Taking the external factors referred to above into consideration, to achieve its strategic goals Alior Bank intends to continue implementing the existing projects and to initiate new ones aimed at extending and optimizing the product offer, and to maintain a consistently dynamic rate of acquiring new customers. These actions constitute the basis for the Bank’s strategy which stipulates increasing the Bank’s in-depth relationships with the existing customers and gaining new ones within the existing distribution network. The key processes which will have an impact on the Bank’s operations include the process of its merger with Meritum Bank.

The combination of Meritum Bank’s experience, in particular in the cash loans segment and in banking for micro- and small enterprises, with the operations of Alior Bank, will enable achieving effective business synergies and creating a bank with promising development perspectives.

Additionally, a factor that will have a material impact on the Bank’s operations in 2015, will be the continuation of processes aimed at dynamic acquisition of customers and maintaining high sales volumes in sales of cash and mortgage loans (in respect of retail customers) and working capital and investment loans (in respect of business customers). The following will support customer acquisition and the generated level of sales:

 developing banking activities as part of cooperation with T-Mobile Polska under the brand: T-Mobile Banking Services delivered by Alior Bank. In 2015, further new products to be introduced under our cooperation combining banking services with telecommunications services, including products for small businesses, and access channels will be developed. Alior Bank’s ambition is to acquire 2 million customers over the next five years based on the above initiative. The planned return on equity in the third year should reach 16%, growing to approx. 40% in the fifth year.

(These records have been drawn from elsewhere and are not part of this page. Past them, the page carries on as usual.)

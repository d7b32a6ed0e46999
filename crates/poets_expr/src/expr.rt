//! Expressions.

use poets_value::{Day, Name, Resource, Ty, Value};

/// An operator of two operands.
#[derive(Debug, Clone, Copy, PartialEq, Eq)]
pub enum Op {
    /// `x + y`
    Add,
    /// `x - y`
    Sub,
    /// `x * y`
    Mul,
    /// `x / y`, towards zero
    Div,
    /// `x % y`, with the sign of `x`
    Rem,
    /// `x = y`
    Eq,
    /// `x <> y`
    Ne,
    /// `x < y`
    Lt,
    /// `x <= y`
    Le,
    /// `x > y`
    Gt,
    /// `x >= y`
    Ge,
    /// `x and y`
    And,
    /// `x or y`
    Or,
}

/// An expression of `docs/LANGUAGE.md`, "Values".
#[derive(Debug, PartialEq, Eq, Drop)]
pub enum Expr {
    /// A number.
    Int(i64),
    /// `true` or `false`
    Bool(bool),
    /// A day, `@2006-05-03`.
    Day(Day),
    /// A resource, `[5 USD]`.
    Res(Resource),
    /// `undefined T`
    Undefined(Ty),
    /// A name. That of a declared agent or kind is its literal.
    Name(Name),
    /// `-x`
    Neg(Box<Expr>),
    /// `not x`
    Not(Box<Expr>),
    /// `amount(x)`
    Amount(Box<Expr>),
    /// `kind(x)`
    KindOf(Box<Expr>),
    /// `res(x, y)`
    Make(Box<Expr>, Box<Expr>),
    /// Two operands under an operator, from left to right.
    Op(Op, Box<Expr>, Box<Expr>),
    /// `if x then y else z end`
    If(Box<Expr>, Box<Expr>, Box<Expr>),
}

/// A value, or "undefined", of a known type.
#[derive(Debug, Clone, Copy, PartialEq, Eq)]
pub struct Given {
    pub value: Option<Value>,
    pub ty: Ty,
}
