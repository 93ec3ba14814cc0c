//! Beginnings of a list that grows.
ghost use Rattle.std.specs.Prelude.{◌≡◌};

use shown_board::{Naming, Opened};
use std::marker::Brand;
use std::process::Abort;
use std::test::Fail;

fn is_grown<J: Naming, R: Abort>(rt: &R, opened: Opened<u64>) -> Result<(), Fail>
    requires { opened.seen.book ≡ J.book }
{
    let mut all = opened.named::<J>();
    let none = all.whole();
    let added = all.add(&7) && all.add(&8);
    assert!(rt; added);
    let both = all.whole();
    assert_eq!(rt; both.len(), 2);
    assert!(rt; none.begins(&both) && both.begins(&both.again()) && !both.begins(&none));
    Ok(())
}

#[test]
fn the_shorter_begins_the_longer(rt: HostRuntime) -> Result<(), Fail> {
    is_grown::<Brand, _>(&rt, Opened::new())
}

 continued acquisition of customers in the Consumer Finance area. Based on sales of retail loans through the extensive network of retail shops, the Bank is building a customer base which will be used to further develop the sales of loan products (mainly cash loans). Increasing the scale of productization of the customers thus gained is one of the sources of strengthening the level of generated income.

 cooperation with the subsidiary Money Makers aimed at better supplementing the Bank’s deposit offer with a wide offer of investment products is of particular importance in a situation in which the NBP maintains interest rates on a historically low level, thus creating an opportunity to offer customers products alternative to low-interest bank deposits.